# which rabbeting bit



## LuckyNumber7 (Feb 4, 2012)

Well if it's not apparent by the question I am new to routering...

So I ask, what rabbeting bit would I need to get in order to pull off what is pictured below? I am looking to inlay some .093" thick Lexan into the rabbet. I am looking to have a 1/4" wide sholder x .093" deep. 

My second question is what would be the best way to router it as pictured? The box sides are already assembled same as the drawing.


----------



## darsev (Feb 3, 2012)

Jason,

this is one of those questions where if you asked 10 people you would probably end up with 11 answers. My suggestion would be to get a rabbetting bit with a bearing, so that you could run the bearing up against the inside of the box and rout out the rabbet. Obviously you would need to get a bearing that left 1/4" of the bit exposed and able to cut the rabbet.
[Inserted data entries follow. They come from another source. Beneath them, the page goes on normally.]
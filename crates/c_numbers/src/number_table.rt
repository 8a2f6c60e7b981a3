//! The numbers of the locals and formals that are seen at a place of a source.
ghost use Rattle.std.specs.Prelude.{◌≡◌, [], ◌∷◌, map, OnOk, IfOk};
ghost use Rattle.c_numbers.specs.Numbered as spec;
ghost use Rattle.c_numbers.specs.NumberTables.{numbered_of};
ghost use Rattle.c_types.specs.Scopes.{with_name};

use c_tree::Name;
use indexmap::IndexMap;
use rr_base::List;
use std::alloc::{AllocError, Global};

/// The numbers of the names of one scope.
type Scope<'a> = IndexMap<&'a [u8], usize>;

/// The numbers of the names that are seen. The innermost scope is last.
#[derive(Drop)]
pub struct NumberTable<'a> {
    /// The number of the name that is declared next.
    next: usize,
    scopes: List<Scope<'a>>,
}

impl<'a> NumberTable<'a> {
    /// What is seen where a function begins.
    pub fn new(alloc: Global, next: usize) -> Result<NumberTable<'a>, AllocError>
        ensures { IfOk result (λ t. numbered_of t ≡ record { next = next; scopes = [] ∷ [] }) }
    {
        let mut scopes = List::new(alloc);
        scopes.push(IndexMap::new(alloc))?;
        Ok(NumberTable { next, scopes })
    }

    /// The number that the next name gets.
    pub fn next(&self) -> usize
        ensures { result ≡ (numbered_of self.now).next }
    {
        self.next
    }

    /// Opens a scope.
    pub fn open(&mut self, alloc: Global) -> Result<(), AllocError>
        ensures { OnOk result (numbered_of self.new ≡ spec.inside (numbered_of self.old)) }
    {
        self.scopes.push(IndexMap::new(alloc))
    }

    /// Closes the innermost scope.
    pub fn close(&mut self)
        ensures { numbered_of self.new ≡ spec.outside (numbered_of self.old) }
    {
        let _ = self.scopes.pop();
    }

    #[tactic(auto, unfolding(crate::specs::Numbered::following))]
    /// Uses a number for what has no name. More numbers than the machine can count don't fit its memory either.
    pub fn skip(&mut self) -> Result<(), AllocError>
        ensures { OnOk result (numbered_of self.new ≡ spec.following (numbered_of self.old) 1) }
    {
        let Some(next) = self.next.checked_add(1) else {
            return Err(AllocError);
        };
        self.next = next;
        Ok(())
    }

    /// The next number goes to a name.
    pub fn number(&mut self, name: &'a Name) -> Result<(), AllocError>
        ensures { OnOk result (numbered_of self.new ≡ spec.number_name (numbered_of self.old) name.now) }
    {
        let next = self.next;
        if let Some(mut scope) = self.scopes.pop() {
            add(&mut scope, name.text.as_slice(), next)?;
            self.scopes.push(scope)?;
        }
        self.skip()
    }

    /// The number that a name has in the innermost scope that declares it.
    pub fn seen(&self, name: &[u8]) -> Option<usize>
        ensures { result ≡ spec.number_seen (numbered_of self.now).scopes name.now }
    {
        let mut left = self.scopes.len();
        while left > 0 {
            left -= 1;
            match self.scopes.at(left).get(name) {
                Some(number) => return Some(*number),
                None => {}
            }
        }
        None
    }
}

/// Adds a name to a scope. One that is there keeps its number.
fn add<'a>(scope: &mut Scope<'a>, name: &'a [u8], number: usize) -> Result<(), AllocError>
    ensures { OnOk result (map (λ e. (e.0.now, e.1)) scope.new.entries ≡ with_name (map (λ e. (e.0.now, e.1)) scope.old.entries) name.now number) }
{
    match scope.get(name) {
        Some(_) => Ok(()),
        None => {
            scope.insert(name, number)?;
            Ok(())
        }
    }
}
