//! The numbers of the locals and formals that are seen at a place of a C source.
//!
//! Its contract: `NumberTable` is the numbers of its definition (`specs/NumberTables.antt`).
//! It knows nothing of how a source declares names.
#![tactic(auto)]

mod number_table;

pub use number_table::NumberTable;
Of more importance is to support the router in such a situation. If you have a table router, then fine. Just turn the box upside down and rout out the rabbet at the bottom. This will leave the whole of the frame supported by the router table. If you don't have a table, then my suggestion would be to build a frame/support that sits inside your box sides that is the same height as the box, so that it supports the router without tipping. You would have to check the requirements of your own router to know how much clearance is required between this temporary frame and the sides of your box for the router to work correctly. I suspect you will use a few test pieces before you get the right settings.

hope this helps,
Darryl


----------



## LuckyNumber7 (Feb 4, 2012)

Thanks for the reply Daryl. 

I ended up making a router table out of some laminated melamine I had stored away from who knows what project.... I will have to give it a try the way you suggested. 

As for the bit I think I found the one that will suit my cause after a little searching around. It is the Freud 32-504 1/4-Inch Shank Multi-Rabbeting Bit Set


----------



## darsev (Feb 3, 2012)

Have fun making our router table. I never had one until I got a table saw that had a space to accept routers on the extension. Now that I have both of them, I have been able to do so much more that my wife has even stopped complaining about how much space it takes up on the back deck.

Darryl


----------



## darsev (Feb 3, 2012)

darsev said:


> Have fun making our router table.


Should have been "Have fun making your router table."


----------



## LuckyNumber7 (Feb 4, 2012)

darsev said:


> Should have been "Have fun making your router table."


It is pretty plain, but gets the job done. I built a 22" x 22" x 36" 3 sided box out of 3/4" ply and used the melamine for the top. I built the fence out of a couple of 2x4's that I straightened up in the TS. As time goes on I will be building a better one. For now though it is meeting my needs. 

I'll post some pics when I get it out of the shed again.


----------